- **Task directions**:
Scan the records below and copy every line that contains the string "lists".

- **Exercise materials**:
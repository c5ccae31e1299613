ghost use Rattle.std.specs.Prelude.{◌≡◌, ◌≤◌, ◌∷◌, ℕ, true, false, length, IsTrue, IfOk, IfErr, OnOk, OnErr};
ghost use Rattle.qq_base.specs.Causes.{HasCause, raise};
ghost use Rattle.qq_disk.specs.Disk.{now, append, sync, remove, content, IsListing, IsRead};
ghost use Rattle.qq_disk.specs.Fault.{IsCaused};
ghost use Rattle.qq_disk.specs.Moments.{Adds, IsAppending, IsSyncing, IsRemoving, StaysAtWant};
ghost use Rattle.qq_mem_disk.specs.Counter.{Counts};
ghost use Rattle.qq_mem_disk.specs.MemDisk as disks;
ghost use Rattle.qq_disk_pins.specs.WornDisk.{past_of, is_worn, is_broken, first_half, HasFailed};

use qq_base::Memory;
use qq_disk::{DiskFault, FileName, NodeDisk};
use qq_mem_disk::MemDisk;
use std::alloc::Global;

/// A disk in memory whose calls fail halfway, for tests of what stands on a disk. At a call that fails an
/// append has added the first half of its bytes, and a removal has removed the file: a disk may do that, and
/// `MemDisk`, whose failed calls do nothing, doesn't.
#[derive(Drop)]
pub struct WornDisk {
    disk: MemDisk,
    calls: u64,
    faults: u64,
    fails: Vec<u64>,
}

impl WornDisk {
    /// A disk over this one. The calls with these numbers, counted from 1, fail halfway.
    pub fn new(disk: MemDisk, fails: Vec<u64>) -> Self
        ensures past { past_of result ≡ disks.past_of disk }
        ensures calls { result.calls ≡ 0 }
        ensures faults { result.faults ≡ 0 }
        ensures fails { result.fails.items ≡ fails.items }
    {
        WornDisk {
            disk,
            calls: 0,
            faults: 0,
            fails,
        }
    }

    /// The disk in memory, as it is now.
    pub fn into_disk(self) -> MemDisk
        ensures { disks.past_of result ≡ past_of self }
    {
        self.disk
    }

    // Counts a call. Answers whether it is to fail.
    fn count_call(&mut self) -> bool
        ensures worn { result ≡ is_worn self.old }
        ensures calls { self.new.calls ≡ raise self.old.calls }
        ensures faults { self.new.faults ≡ self.old.faults }
        ensures disk { self.new.disk ≡ self.old.disk }
    {
        self.calls = self.calls.saturating_add(1);
        self.fails.contains(&self.calls)
    }

    // Counts a fault.
    fn fail(&mut self) -> DiskFault
        ensures failed { result ≡ DiskFault.Failed }
        ensures disk { self.new.disk ≡ self.old.disk }
        ensures caused { IsCaused self.old.faults self.new.faults result }
        ensures later { self.old.faults ≤ self.new.faults }
    {
        self.faults = self.faults.saturating_add(1);
        DiskFault::Failed
    }
}

// Adds the first half of the bytes.
fn append_half(
    disk: &mut MemDisk,
    alloc: Global,
    file: FileName,
    bytes: &[u8],
) -> Result<(), DiskFault>
    ensures ok { OnOk result (disks.past_of disk.new ≡
        append (now (disks.past_of disk.old)) file (first_half bytes.now)
        ∷ disks.past_of disk.old) }
    ensures err { OnErr result (disks.past_of disk.new ≡ disks.past_of disk.old) }
    ensures counts { Counts (disks.counter_of disk.old) (disks.counter_of disk.new) result }
{
    let (half, _) = bytes.split_at(bytes.len() / 2);
    disk.append(alloc, file, half)
}

impl NodeDisk for WornDisk {
    ghost use Rattle.std.specs.Prelude.{true};
    ghost use Rattle.qq_disk_pins.specs.WornDisk.{past_of};

    ghost facts = { record { tells = λ _. true; past = past_of; faults = λ worn. worn.faults } };

    fn names(&mut self, alloc: Global) -> Result<Vec<FileName>, DiskFault> {
        if self.count_call() {
            return Err(self.fail());
        }
        match self.disk.names(alloc) {
            Ok(names) => Ok(names),
            Err(DiskFault::Failed) => Err(self.fail()),
            Err(DiskFault::Memory(_)) => Err(DiskFault::Memory(Memory::Want)),
        }
    }

    fn size(&mut self, alloc: Global, file: FileName) -> Result<u64, DiskFault> {
        if self.count_call() {
            return Err(self.fail());
        }
        match self.disk.size(alloc, file) {
            Ok(size) => Ok(size),
            Err(DiskFault::Failed) => Err(self.fail()),
            Err(DiskFault::Memory(_)) => Err(DiskFault::Memory(Memory::Want)),
        }
    }

    fn read(
        &mut self,
        alloc: Global,
        file: FileName,
        place: u64,
        buf: &mut [u8],
    ) -> Result<usize, DiskFault> {
        if self.count_call() {
            return Err(self.fail());
        }
        match self.disk.read(alloc, file, place, buf) {
            Ok(count) => Ok(count),
            Err(DiskFault::Failed) => Err(self.fail()),
            Err(DiskFault::Memory(_)) => Err(DiskFault::Memory(Memory::Want)),
        }
    }

    fn append(&mut self, alloc: Global, file: FileName, bytes: &[u8]) -> Result<(), DiskFault>
        ensures ok { OnOk result
            (now (past_of self.new) ≡ append (now (past_of self.old)) file bytes.now) }
        ensures err { OnErr result
            (IsAppending (now (past_of self.old)) file bytes.now (now (past_of self.new))) }
        ensures moments { Adds (IsAppending (now (past_of self.old)) file bytes.now)
            (past_of self.old) (past_of self.new) }
        ensures want { IfErr result (StaysAtWant (past_of self.old) (past_of self.new)) }
        ensures cause { HasCause IsCaused self.old.faults self.new.faults result }
        ensures half { is_worn self.old ≡ true → is_broken self.old ≡ false → HasFailed result
            (now (past_of self.new) ≡
            append (now (past_of self.old)) file (first_half bytes.now)) }
    {
        if self.count_call() {
            return match append_half(&mut self.disk, alloc, file, bytes) {
                Ok(()) => Err(self.fail()),
                Err(DiskFault::Failed) => Err(self.fail()),
                Err(DiskFault::Memory(_)) => Err(DiskFault::Memory(Memory::Want)),
            };
        }
        match self.disk.append(alloc, file, bytes) {
            Ok(()) => Ok(()),
            Err(DiskFault::Failed) => Err(self.fail()),
            Err(DiskFault::Memory(_)) => Err(DiskFault::Memory(Memory::Want)),
        }
    }

    fn sync(&mut self, alloc: Global, file: FileName) -> Result<(), DiskFault> {
        if self.count_call() {
            return Err(self.fail());
        }
        match self.disk.sync(alloc, file) {
            Ok(()) => Ok(()),
            Err(DiskFault::Failed) => Err(self.fail()),
            Err(DiskFault::Memory(_)) => Err(DiskFault::Memory(Memory::Want)),
        }
    }

    fn remove(&mut self, alloc: Global, file: FileName) -> Result<(), DiskFault>
        ensures ok { OnOk result (now (past_of self.new) ≡ remove (now (past_of self.old)) file) }
        ensures err { OnErr result
            (IsRemoving (now (past_of self.old)) file (now (past_of self.new))) }
        ensures moments { Adds (IsRemoving (now (past_of self.old)) file)
            (past_of self.old) (past_of self.new) }
        ensures want { IfErr result (StaysAtWant (past_of self.old) (past_of self.new)) }
        ensures cause { HasCause IsCaused self.old.faults self.new.faults result }
        ensures done { is_worn self.old ≡ true → is_broken self.old ≡ false → HasFailed result
            (now (past_of self.new) ≡ remove (now (past_of self.old)) file) }
    {
        let worn = self.count_call();
        match self.disk.remove(alloc, file) {
            Ok(()) => {
                if worn {
                    return Err(self.fail());
                }
                Ok(())
            }
            Err(DiskFault::Failed) => Err(self.fail()),
            Err(DiskFault::Memory(_)) => Err(DiskFault::Memory(Memory::Want)),
        }
    }
}
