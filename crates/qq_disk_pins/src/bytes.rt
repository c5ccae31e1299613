//! Laws of what stands in bytes and in segments: the functions do nothing, and their contracts are the laws.
ghost use Rattle.std.specs.Prelude.{◌≡◌, ◌≤◌, ◌<◌, ◌++◌, ◌^◌, ℕ, List, drop, length};
ghost use Rattle.qq_log.specs.declared.head.Span.{Span};
ghost use Rattle.qq_log.specs.Stable.{Stable, IsOfLog, last_index};
ghost use Rattle.qq_wal_record.specs.declared.header.Header.{Header};
ghost use Rattle.qq_wal_record.specs.declared.record.LogRecord.{LogRecord};
ghost use Rattle.qq_wal_record.specs.Encoding.{header_encoding, record_encoding};
ghost use Rattle.qq_wal_record.specs.Reading.{IsHeaderAt, IsRecordAt};
ghost use Rattle.qq_wal_record.specs.Record.{IsWritable};

/// What is read of bytes stands at their front.
///
/// - `header`: a header's encoding, of 38 bytes, and then all the others.
/// - `numbers`: its numbers have eight bytes each.
/// - `record`: a record's encoding, which takes as many bytes as are told, and then all the others. It may be
///   written.
pub fn what_is_read_stands_there()
    ensures header { (bytes : List ℕ) (h : Header) → IsHeaderAt bytes h →
        bytes ≡ header_encoding h ++ drop 38 bytes }
    ensures numbers { (bytes : List ℕ) (h : Header) → IsHeaderAt bytes h →
        (h.file < 2 ^ 64) × (h.previous < 2 ^ 64) × (h.good < 2 ^ 64) }
    ensures record { (file : ℕ) (bytes : List ℕ) (x : LogRecord × ℕ) → IsRecordAt file bytes x →
        (bytes ≡ record_encoding file x.0 ++ drop x.1 bytes)
        × (x.1 ≡ length (record_encoding file x.0)) × IsWritable x.0 }
{}

/// A segment that a queue's state names has an entry of its log: its last one is above the log's base and not
/// behind its end, and none comes before the first.
pub fn a_segment_has_an_entry_of_its_log()
    ensures { (state : Stable) (segment : Span) → IsOfLog state segment →
        (state.base.index.0 < segment.last.0) × (segment.first.0 ≤ segment.last.0)
        × (segment.last.0 ≤ last_index state) }
{}
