// What the calls of a collection are answered.
ghost use Rattle.std.specs.Prelude.{◌≡◌};

use mig::{Network, Refusal};
use records::layer;

// The answer to an order: whether a network is given, the lower number, and how many numbers of gates were asked.
#[derive(Clone, Copy, Debug, PartialEq, Eq)]
pub struct Ordered {
    pub given: bool,
    pub lower: u8,
    pub asked: u8,
}

// The answer to a look-up: the lower number, and the gates of the kept network, if one is kept.
#[derive(Clone, Copy, Debug, PartialEq, Eq)]
pub struct LookedUp {
    pub lower: u8,
    pub upper: Option<u8>,
}

// Where a load stopped: the refusal, and the place of the record that it met.
#[derive(Clone, Copy, Debug, PartialEq, Eq)]
pub struct Fault {
    pub refusal: Refusal,
    pub place: usize,
}

// The answer to a load: how many records were taken, how many were passed over since a network with no more gates is kept,
// and the fault that ended it, if there was one.
#[derive(Clone, Copy, Debug, PartialEq, Eq)]
pub struct Loaded {
    pub taken: usize,
    pub passed: usize,
    pub fault: Option<Fault>,
}

impl Loaded {
    ghost use Rattle.collection_laws.specs.Faults.{fault_numbers};

    // The number, the layer and the place of the fault; all 0 without a fault.
    pub fn fault_numbers(&self) -> (u8, u8, usize)
        ensures { result ≡ fault_numbers self.now }
    {
        match self.fault {
            Some(Fault { refusal, place }) => (refusal.number(), layer(refusal), place),
            None => (0, 0, 0),
        }
    }
}

// The answer to a call of a run. Networks stand in the answers, since a run has many.
#[derive(Clone, Copy, Debug, PartialEq, Eq)]
pub enum Answer {
    // The network of an order, the lower number, and how many numbers were asked.
    Given {
        network: Network,
        lower: u8,
        asked: u8,
    },
    // An order for which there is no network.
    NoneWithin {
        lower: u8,
        asked: u8,
    },
    // The gates of the network that is now kept.
    Deposited {
        gates: u8,
    },
    // The lower number, and the upper number and the kept network as one for the question, if one is kept.
    Known {
        lower: u8,
        kept: Option<(u8, Network)>,
    },
    Struck,
    Loaded(Loaded),
    // How many bytes were written.
    Exported {
        bytes: usize,
    },
}
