// The calls of a collection and their answers. Their rules are in specs/, the law of runs in specs/ and proofs/.
#![tactic(auto)]

mod answer;
mod call;

pub use answer::{Answer, Fault, Loaded, LookedUp, Ordered};
pub use call::{Call, Opening};
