// The calls of a collection.
use mig::{Network, Question};

// A call of a collection.
#[derive(Clone, Copy)]
pub enum Call<'a> {
    // A question, and the most gates that a network for it may have.
    Order {
        question: Question,
        gates: u8,
    },
    // A question, and a network that is to be kept for it.
    Deposit {
        question: Question,
        network: Network,
    },
    LookUp {
        question: Question,
    },
    Strike {
        question: Question,
    },
    // Records, each taken as a deposit.
    Load {
        bytes: &'a [u8],
    },
    Export,
}

// How a collection opens: empty, or with the starter set.
#[derive(Clone, Copy, Debug, PartialEq, Eq)]
pub enum Opening {
    Empty,
    WithStarters,
}
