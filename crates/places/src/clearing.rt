// Places taken out of a region in one pass. Of those that go only the words are cleared that can be other than zero, its head and the hashes of its lists:
// a place has 6.6 KB, most of them zero, and thousands go at once.
ghost use Rattle.std.specs.Prelude.{◌≡◌, ℕ, ◌+◌, ◌*◌, ◌≤◌, Bool, List, length, take, drop, min, replicate};
ghost use Rattle.words.specs.Words.{words, splice};
ghost use Rattle.regions.specs.Regions.{Holds};
ghost use Rattle.regions.specs.Staying.{Retained};
ghost use Rattle.places.specs.Places.{list_most, place_size, place_words, Place};

use crate::{PARENT_COUNT, PARENTS, PLACE, WTXID_COUNT, WTXIDS};

// Hashes of a list at most.
const LIST: usize = 100;

// How many words the hashes of a list take whose count is `count`.
fn taken(count: u64) -> usize
    ensures { result ≡ 4 * min count list_most }
{
    if count < LIST as u64 {
        count as usize * 4
    } else {
        LIST * 4
    }
}

// Clears the i-th place.
fn clear_place(s: &mut [u8], i: usize)
    requires { 8 * (place_size * (i + 1)) ≤ length s.old }
    ensures { (p : Place) → take place_size (drop (place_size * i) (words s.old)) ≡ place_words p → words s.new ≡ splice (words s.old) (place_size * i) (replicate place_size 0) }
{
    let a = i * PLACE;
    let wtxids = taken(words::get(s, a + WTXID_COUNT));
    let parents = taken(words::get(s, a + PARENT_COUNT));
    words::clear(s, a, WTXIDS + wtxids);
    words::clear(s, a + PARENTS, parents);
}

// Clears the places from the m-th of n on.
fn clear_from(s: &mut [u8], n: usize, m: usize)
    requires { (m ≤ n) × (8 * (place_size * n) ≤ length s.old) }
    ensures { (Q : ℕ) (ps : List Place) → length ps ≡ n → Holds place_size place_words Q ps (words s.old) → Holds place_size place_words Q (take m ps) (words s.new) }
{
    for i in m..n {
        clear_place(s, i);
    }
}

// `regions::keep::retain` of places.
pub fn retain<F: Fn(&[u8]) -> bool>(s: &mut [u8], n: usize, stays: F) -> usize
    requires room { 8 * (place_size * n) ≤ length s.old }
    requires can { (u : _) → length u.now ≡ 8 * place_size → F.pre stays u }
    ensures { Retained place_size place_words (λ q. (x : Place) (u : _) (b : Bool) → words u.now ≡ place_words x → F.post stays u b → b ≡ q x) (words s.old) (words s.new) n result }
{
    let m = regions::keep::sift::<crate::Place, F>(s, n, stays);
    clear_from(s, n, m);
    m
}
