// Package places in a region of the lent store (document 01, "What a state holds": flag, package and parents of a request).
//
// A place has 824 words: hash 4, combined hash 4, stage (1 flag, 2 Awaiting, 3 Enqueued), wtxid count, parent count, 100 wtxids and
// 100 parents of 4 words, and 13 words that are zero at rest. Places stand in the order of their hashes. As for the records of
// `regions`, contracts say what happens to a region that holds a list of places, and a `requires` asks for room only.
#![tactic(auto)]

ghost use Rattle.std.specs.Prelude.{◌≡◌, [], ◌∷◌, ◌+◌, ◌*◌, ◌≤◌, ◌<◌, length, drop, ltb};
ghost use Rattle.words.specs.Words.{words, recs};
ghost use Rattle.regions.specs.Regions.{Inserted, Changed};
ghost use Rattle.regions.specs.Order.{Sought};
ghost use Rattle.regions.specs.Rows.{quad_words, quad_number, read_quad};
ghost use Rattle.places.specs.Places.{list_most, place_size, combined_at, stage_at, wtxids_at, parents_at, place_words, place_key};
ghost use Rattle.places.specs.Places.{Place, blank, with_stage, with_combined, with_wtxids, with_parents, HeadAt, HashAt, Pushed};
ghost use Rattle.places.specs.Kinds.{place_kind};

pub mod clearing;

// Words of a place, and where in it the parts lie.
pub const PLACE: usize = 824;

pub const COMBINED: usize = 4;

pub const STAGE: usize = 8;

pub const WTXID_COUNT: usize = 9;

pub const PARENT_COUNT: usize = 10;

pub const WTXIDS: usize = 11;

pub const PARENTS: usize = 411;

// Words behind its lists, zero at rest.
pub const SPARE: usize = 811;

// What the stage of a place can be: a place that is to go, which stands in no sound store; the flag; an Awaiting and an Enqueued package.
pub const DEAD: u64 = 0;

pub const FLAG: u64 = 1;

pub const AWAITING: u64 = 2;

pub const ENQUEUED: u64 = 3;

// What a place has beside its lists. The counts are those of the lists; the stage is a word, as any bytes may have one that names no stage.
#[derive(Clone, Copy)]
pub struct Head {
    pub hash: regions::Quad,
    pub combined: regions::Quad,
    pub stage: u64,
    pub wtxids: u64,
    pub parents: u64,
}

// What a region of places holds, as a kind of record. The code has no value of a whole place: its parts are read and changed one by one.
pub struct Place;

impl regions::Record for Place {
    const WORDS: usize = PLACE;

    ghost WORDS = { place_size };

    ghost Value = { Place };

    ghost to_words = { place_words };

    ghost laws = { place_kind };
}

// ---- whole places

// The head of the i-th place.
pub fn read_head(s: &[u8], i: usize) -> Head
    requires { 8 * (place_size * (i + 1)) ≤ length s.now }
    ensures { HeadAt (words s.now) i result }
{
    let a = i * PLACE;
    let hash = regions::read_quad(s, a);
    let combined = regions::read_quad(s, a + COMBINED);
    let stage = words::get(s, a + STAGE);
    let wtxids = words::get(s, a + WTXID_COUNT);
    let parents = words::get(s, a + PARENT_COUNT);
    Head {
        hash,
        combined,
        stage,
        wtxids,
        parents,
    }
}

// Puts a place for the hash h in as the i-th of n, with no package and no parents. (The stage is any word: a type of stages would ask more.)
pub fn insert_place(s: &mut [u8], n: usize, i: usize, h: regions::Quad, stage: u64)
    requires { (i ≤ n) × (8 * (place_size * (n + 1)) ≤ length s.old) }
    ensures { Inserted place_size place_words (words s.old) (words s.new) n i (blank (quad_number h) stage) }
{
    let a = i * PLACE;
    regions::move_up(s, a, n * PLACE, PLACE);
    words::clear(s, a, PLACE);
    regions::write_quad(s, a, h);
    words::put(s, a + STAGE, stage);
}

// The first of n places whose hash is at least h, or n.
pub fn seek_place(s: &[u8], n: usize, h: regions::Quad) -> usize
    requires { 8 * (place_size * n) ≤ length s.now }
    ensures { Sought (recs place_size place_key n (words s.now)) n (quad_number h) result }
{
    regions::lower_bound(
        n,
        |i| -> bool
            requires { 8 * (place_size * (i + 1)) ≤ length s.now }
            ensures { result ≡ ltb (quad_number (read_quad (drop (i * place_size) (words s.entry.now)))) (quad_number h) }
        { regions::quad_less(regions::read_quad(s, i * PLACE), h) },
    )
}

// ---- parts of a place

// (Wtxids and parents have a function each, to read and to put in: one for both would need a trait with two constants and two ghost members, longer than the pairs.)

// Stores the i-th place's stage, any word.
pub fn set_stage(s: &mut [u8], i: usize, v: u64)
    requires { 8 * (place_size * (i + 1)) ≤ length s.old }
    ensures { Changed place_size place_words (words s.old) (words s.new) i stage_at (v ∷ []) (with_stage v) }
{
    words::put(s, i * PLACE + STAGE, v);
}

// Stores the i-th place's combined hash.
pub fn set_combined(s: &mut [u8], i: usize, h: regions::Quad)
    requires { 8 * (place_size * (i + 1)) ≤ length s.old }
    ensures { Changed place_size place_words (words s.old) (words s.new) i combined_at (quad_words h) (with_combined (quad_number h)) }
{
    regions::write_quad(s, i * PLACE + COMBINED, h);
}

// The j-th wtxid of the i-th place.
pub fn read_wtxid(s: &[u8], i: usize, j: usize) -> regions::Quad
    requires { (j < list_most) × (8 * (place_size * (i + 1)) ≤ length s.now) }
    ensures { HashAt (words s.now) i wtxids_at (λ p. p.wtxids) j result }
{
    regions::read_quad(s, i * PLACE + (WTXIDS + j * 4))
}

// The j-th parent of the i-th place.
pub fn read_parent(s: &[u8], i: usize, j: usize) -> regions::Quad
    requires { (j < list_most) × (8 * (place_size * (i + 1)) ≤ length s.now) }
    ensures { HashAt (words s.now) i parents_at (λ p. p.parents) j result }
{
    regions::read_quad(s, i * PLACE + (PARENTS + j * 4))
}

// Puts h behind the n wtxids of the i-th place.
pub fn push_wtxid(s: &mut [u8], i: usize, n: usize, h: regions::Quad)
    requires { (n < list_most) × (8 * (place_size * (i + 1)) ≤ length s.old) }
    ensures { Pushed (words s.old) (words s.new) i (λ p. p.wtxids) with_wtxids n (quad_number h) }
{
    let a = i * PLACE;
    regions::write_quad(s, a + (WTXIDS + n * 4), h);
    words::put(s, a + WTXID_COUNT, (n + 1) as u64);
}

// Puts h behind the n parents of the i-th place.
pub fn push_parent(s: &mut [u8], i: usize, n: usize, h: regions::Quad)
    requires { (n < list_most) × (8 * (place_size * (i + 1)) ≤ length s.old) }
    ensures { Pushed (words s.old) (words s.new) i (λ p. p.parents) with_parents n (quad_number h) }
{
    let a = i * PLACE;
    regions::write_quad(s, a + (PARENTS + n * 4), h);
    words::put(s, a + PARENT_COUNT, (n + 1) as u64);
}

- **Response below**:
// Places taken out of a region in one pass. Of those that go only the words are cleared that can be other than zero, its head and the hashes of its lists:
// Words behind its lists, zero at rest.
// What a place has beside its lists. The counts are those of the lists; the stage is a word, as any bytes may have one that names no stage.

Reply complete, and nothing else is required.